[[ Records provided open ]]

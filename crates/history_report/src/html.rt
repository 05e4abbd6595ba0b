//! Pages of HTML.

ghost use Rattle.std.specs.Prelude.{◌≡◌, ◌≤◌, ◌++◌, ◌∷◌, [], IfOk, OnOk, codes, if◌then◌else◌};
ghost use Rattle.std.specs.Int.{w64};
ghost use Rattle.std.specs.Int.RustNames.{FitsSigned};
ghost use Rattle.history_csv.specs.Nodes.{node_text};
ghost use Rattle.history_csv.specs.Rows.{value_names, change_names, time_of};
ghost use Rattle.history_text.specs.Times.{IsTimeText};
ghost use Rattle.history_report.specs.Html.{is_forbidden, printable_byte, entity, escaped, data_cell, page_row, head_row, page_begin, page_middle, page_footer, IsBound, IsStretch, IsDrawing, IsPageHeader};
ghost use Rattle.history_report.specs.Paging.{IsPut};

use crate::link::put_next_link;
use crate::report::Report;
use crate::table::{Made, Shown};
use history_csv::node_text;
use history_text::{TextFault, Time, time_text};
use records::Moment;
use std::alloc::{AllocError, Global};

// ---- a text in a page

/// Whether a byte behind this one is of a control that HTML forbids or reads as another.
fn is_forbidden(before: u8, byte: u8) -> bool
    ensures { result ≡ is_forbidden before byte }
{
    before == 194 && byte < 160 || byte == 127 || byte < 32 && !(byte == b'\t' || byte == b'\n')
}

/// A byte behind this one as a page has it: in place of a forbidden one `?`, or the second byte of
/// `¿`.
fn printable_byte(before: u8, byte: u8) -> u8
    ensures { result ≡ printable_byte before byte }
{
    if !is_forbidden(before, byte) {
        byte
    } else if before == 194 {
        191
    } else {
        b'?'
    }
}

/// Appends a byte as HTML writes it: as an entity, where it might end a text.
fn put_byte(out: &mut Vec<u8>, byte: u8) -> Result<(), AllocError>
    ensures { OnOk result (out.new.items ≡ out.old.items ++ entity byte) }
{
    match byte {
        b'&' => out.extend_from_slice(b"&amp;"),
        b'<' => out.extend_from_slice(b"&lt;"),
        b'>' => out.extend_from_slice(b"&gt;"),
        b'"' => out.extend_from_slice(b"&quot;"),
        b'\'' => out.extend_from_slice(b"&#39;"),
        _ => Ok(out.push(byte)?),
    }
}

/// Appends a text that no byte of which is read as markup.
pub(crate) fn put_escaped(out: &mut Vec<u8>, text: &[u8]) -> Result<(), AllocError>
    ensures { OnOk result (out.new.items ≡ out.old.items ++ escaped text.now) }
{
    let mut before = 0;
    for byte in text {
        put_byte(out, printable_byte(before, *byte))?;
        before = *byte;
    }
    Ok(())
}

// ---- rows

/// Appends a field as a cell.
fn put_cell(out: &mut Vec<u8>, text: &[u8]) -> Result<(), AllocError>
    ensures { OnOk result (out.new.items ≡ out.old.items ++ data_cell text.now) }
{
    out.extend_from_slice(b"<td>")?;
    put_escaped(out, text)?;
    out.extend_from_slice(b"</td>")
}

/// Appends the cells that a value and a modification both have.
fn put_shown(out: &mut Vec<u8>, shown: &Shown<'_>) -> Result<(), AllocError>
    ensures { OnOk result (out.new.items ≡ out.old.items ++ data_cell shown.now.time.now
        ++ data_cell shown.now.value.now ++ data_cell shown.now.status.now) }
{
    put_cell(out, shown.time)?;
    put_cell(out, shown.value)?;
    put_cell(out, shown.status)
}

/// Appends what was done, when, and by whom.
fn put_made(out: &mut Vec<u8>, made: &Made<'_>) -> Result<(), AllocError>
    ensures { OnOk result (out.new.items ≡ out.old.items ++ data_cell made.now.change.now
        ++ data_cell made.now.changed.now ++ data_cell made.now.user.now) }
{
    put_cell(out, made.change)?;
    put_cell(out, made.changed)?;
    put_cell(out, made.user)
}

/// The row of a live value.
pub(crate) fn value_row(alloc: Global, shown: &Shown<'_>) -> Result<Vec<u8>, AllocError>
    ensures { IfOk result (λ row. row.items
        ≡ page_row ([] ∷ shown.now.time.now ∷ shown.now.value.now ∷ shown.now.status.now ∷ [])) }
{
    let mut row = Vec::new(alloc);
    row.extend_from_slice(b"<tr>")?;
    put_shown(&mut row, shown)?;
    row.extend_from_slice(b"</tr>\n")?;
    Ok(row)
}

/// The row of a modification.
pub(crate) fn change_row(
    alloc: Global,
    shown: &Shown<'_>,
    made: &Made<'_>,
) -> Result<Vec<u8>, AllocError>
    ensures { IfOk result (λ row. row.items
        ≡ page_row ([] ∷ shown.now.time.now ∷ shown.now.value.now ∷ shown.now.status.now
        ∷ made.now.change.now ∷ made.now.changed.now ∷ made.now.user.now ∷ [])) }
{
    let mut row = Vec::new(alloc);
    row.extend_from_slice(b"<tr class=\"")?;
    put_escaped(&mut row, made.change)?;
    row.extend_from_slice(b"\">")?;
    put_shown(&mut row, shown)?;
    put_made(&mut row, made)?;
    row.extend_from_slice(b"</tr>\n")?;
    Ok(row)
}

// ---- above and below the rows

/// What a page begins by, up to its title.
#[tactic(auto, unfolding(crate::specs::Html::page_begin))]
fn page_begin() -> &'static [u8]
    ensures { result.now ≡ page_begin }
{
    b"<!DOCTYPE html>\n<html lang=\"en\">\n<head>\n<meta charset=\"utf-8\">\n\
      <meta http-equiv=\"Content-Security-Policy\" \
      content=\"default-src 'none'; style-src 'unsafe-inline'\">\n\
      <meta name=\"viewport\" content=\"width=device-width, initial-scale=1\">\n\
      <title>"
}

/// What stands between a page's title and its heading: how it looks.
#[tactic(auto, unfolding(crate::specs::Html::page_style, crate::specs::Html::cell_style, crate::specs::Html::figure_style, crate::specs::Html::edge_style))]
fn page_middle() -> &'static [u8]
    ensures { result.now ≡ page_middle }
{
    b"</title>\n<style>\n\
      :root{color-scheme:light dark}\n\
      body{margin:2rem;font-family:system-ui,sans-serif}\n\
      table{border-collapse:collapse;font-variant-numeric:tabular-nums}\n\
      th,td{padding:.25rem .75rem;text-align:left;vertical-align:top}\n\
      th{position:sticky;top:0;background:Canvas;box-shadow:0 1px}\n\
      h1,td{white-space:pre-wrap;overflow-wrap:anywhere}\n\
      tr{break-inside:avoid}\n\
      tr:nth-child(even) td{background:#8882}\n\
      @media print{th{position:static}}\n\
      td:first-child,td:nth-child(5){white-space:nowrap}\n\
      .insert td:first-child{box-shadow:inset .25rem 0 #2a7}\n\
      .replace td:first-child,.update td:first-child{box-shadow:inset .25rem 0 #d90}\n\
      .delete td:first-child{box-shadow:inset .25rem 0 #c33}\n\
      .delete td:nth-child(2){text-decoration:line-through}\n\
      figure{display:grid;grid-template-columns:auto 1fr 1fr;gap:.25rem .75rem;max-width:60rem}\n\
      figure{margin:1rem 0;font-size:.85rem;font-variant-numeric:tabular-nums;break-inside:avoid}\n\
      svg{grid-area:1/2/3/4;width:100%;height:12rem;overflow:visible}\n\
      path{fill:none;stroke:currentColor;stroke-width:1.5px;stroke-linecap:round}\n\
      path{stroke-linejoin:round;vector-effect:non-scaling-stroke}\n\
      .old{stroke:#d90}\n\
      span:nth-of-type(1){grid-area:1/1;text-align:right}\n\
      span:nth-of-type(2){grid-area:2/1;text-align:right;align-self:end}\n\
      span:nth-of-type(3){grid-area:3/2}\n\
      span:nth-of-type(4){grid-area:3/3;text-align:right}\n\
      </style>\n</head>\n<body>\n<h1>"
}

/// The names of the columns, as a row.
fn head_row(changes: bool) -> &'static [u8]
    ensures { result.now ≡ head_row (if changes then change_names else value_names) }
{
    if changes {
        b"<tr><th scope=\"col\">time</th><th scope=\"col\">value</th>\
          <th scope=\"col\">status</th><th scope=\"col\">change</th>\
          <th scope=\"col\">changed</th><th scope=\"col\">user</th></tr>\n"
    } else {
        b"<tr><th scope=\"col\">time</th><th scope=\"col\">value</th>\
          <th scope=\"col\">status</th></tr>\n"
    }
}

/// What stands below a page's rows: by it a reader sees that the page is whole.
pub(crate) fn page_footer() -> &'static [u8]
    ensures { result.now ≡ page_footer }
{
    b"</tbody>\n</table>\n\
      <p>Here the page ends. Without this line it isn't whole.</p>\n\
      </body>\n</html>\n"
}

/// The parts of a moment.
fn parts_of(moment: Moment) -> Time
    ensures same { result ≡ time_of moment }
    ensures pico { result.pico ≤ 9_999 }
    ensures fits { FitsSigned w64 result.ticks }
{
    Time {
        ticks: moment.ticks,
        pico: moment.pico,
    }
}

/// A moment's text.
pub(crate) fn moment_text(alloc: Global, moment: Moment) -> Result<Vec<u8>, AllocError>
    ensures { IfOk result (λ text. IsTimeText (time_of moment) text.items) }
{
    let text = time_text(alloc, parts_of(moment))?;
    Ok(text)
}

/// Appends a moment that is asked for behind a word, nothing where none is.
fn put_bound(
    alloc: Global,
    word: &[u8],
    bound: Option<Moment>,
    out: &mut Vec<u8>,
) -> Result<(), AllocError>
    ensures { OnOk result (IsPut out.old.items out.new.items (IsBound word.now bound)) }
{
    let Some(moment) = bound else {
        return Ok(());
    };
    let text = moment_text(alloc, moment)?;
    out.extend_from_slice(word)?;
    put_escaped(out, text.as_slice())?;
    Ok(())
}

/// What is shown, in a word.
fn shown_word(changes: bool) -> &'static [u8]
    ensures { result.now ≡ (if changes then codes "Modifications" else codes "Values") }
{
    if changes { b"Modifications" } else { b"Values" }
}

/// Appends what is shown, and of which stretch.
fn put_stretch(alloc: Global, report: &Report, out: &mut Vec<u8>) -> Result<(), AllocError>
    ensures { OnOk result (IsPut out.old.items out.new.items (IsStretch report.now)) }
{
    out.extend_from_slice(shown_word(report.changes))?;
    put_bound(alloc, b" from ", report.from, out)?;
    put_bound(alloc, b" before ", report.to, out)?;
    Ok(())
}

/// Appends a page's beginning: the node as its title and its heading.
fn put_top(node: &[u8], out: &mut Vec<u8>) -> Result<(), AllocError>
    ensures { OnOk result (out.new.items ≡ out.old.items ++ page_begin ++ escaped node.now
        ++ page_middle ++ escaped node.now ++ codes "</h1>\n<p>") }
{
    out.extend_from_slice(page_begin())?;
    put_escaped(out, node)?;
    out.extend_from_slice(page_middle())?;
    put_escaped(out, node)?;
    out.extend_from_slice(b"</h1>\n<p>")
}

/// Appends a drawing, and a page's table up to its rows.
fn put_head(changes: bool, drawing: &[u8], out: &mut Vec<u8>) -> Result<(), AllocError>
    ensures { OnOk result (out.new.items ≡ out.old.items ++ drawing.now
        ++ codes "<table>\n<thead>\n"
        ++ head_row (if changes then change_names else value_names)
        ++ codes "</thead>\n<tbody>\n") }
{
    out.extend_from_slice(drawing)?;
    out.extend_from_slice(b"<table>\n<thead>\n")?;
    out.extend_from_slice(head_row(changes))?;
    out.extend_from_slice(b"</thead>\n<tbody>\n")
}

/// Appends the part of a page above its rows.
pub(crate) fn put_page_header(
    alloc: Global,
    report: &Report,
    drawing: &[u8],
    out: &mut Vec<u8>,
) -> Result<(), TextFault>
    requires { IsDrawing report.now drawing.now }
    ensures { OnOk result (IsPut out.old.items out.new.items (IsPageHeader report.now)) }
{
    let node = node_text(alloc, &report.node)?;
    put_top(node.as_slice(), out)?;
    put_stretch(alloc, report, out)?;
    out.extend_from_slice(b"</p>\n")?;
    put_next_link(alloc, report, out)?;
    put_head(report.changes, drawing, out)?;
    Ok(())
}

[[ Records provided closed ]]

Once the line containing "use crate::report::Report;" has been written out, please stop; every line before it, back to the first line of the records above, should be given exactly.

◆ **Exercise response**
filename crates/history_report/src/html.rt
repository 05e4abbd6595ba0b
//! Pages of HTML.

ghost use Rattle.std.specs.Prelude.{◌≡◌, ◌≤◌, ◌++◌, ◌∷◌, [], IfOk, OnOk, codes, if◌then◌else◌};
ghost use Rattle.std.specs.Int.{w64};
ghost use Rattle.std.specs.Int.RustNames.{FitsSigned};
ghost use Rattle.history_csv.specs.Nodes.{node_text};
ghost use Rattle.history_csv.specs.Rows.{value_names, change_names, time_of};
ghost use Rattle.history_text.specs.Times.{IsTimeText};
ghost use Rattle.history_report.specs.Html.{is_forbidden, printable_byte, entity, escaped, data_cell, page_row, head_row, page_begin, page_middle, page_footer, IsBound, IsStretch, IsDrawing, IsPageHeader};
ghost use Rattle.history_report.specs.Paging.{IsPut};

use crate::link::put_next_link;
use crate::report::Report;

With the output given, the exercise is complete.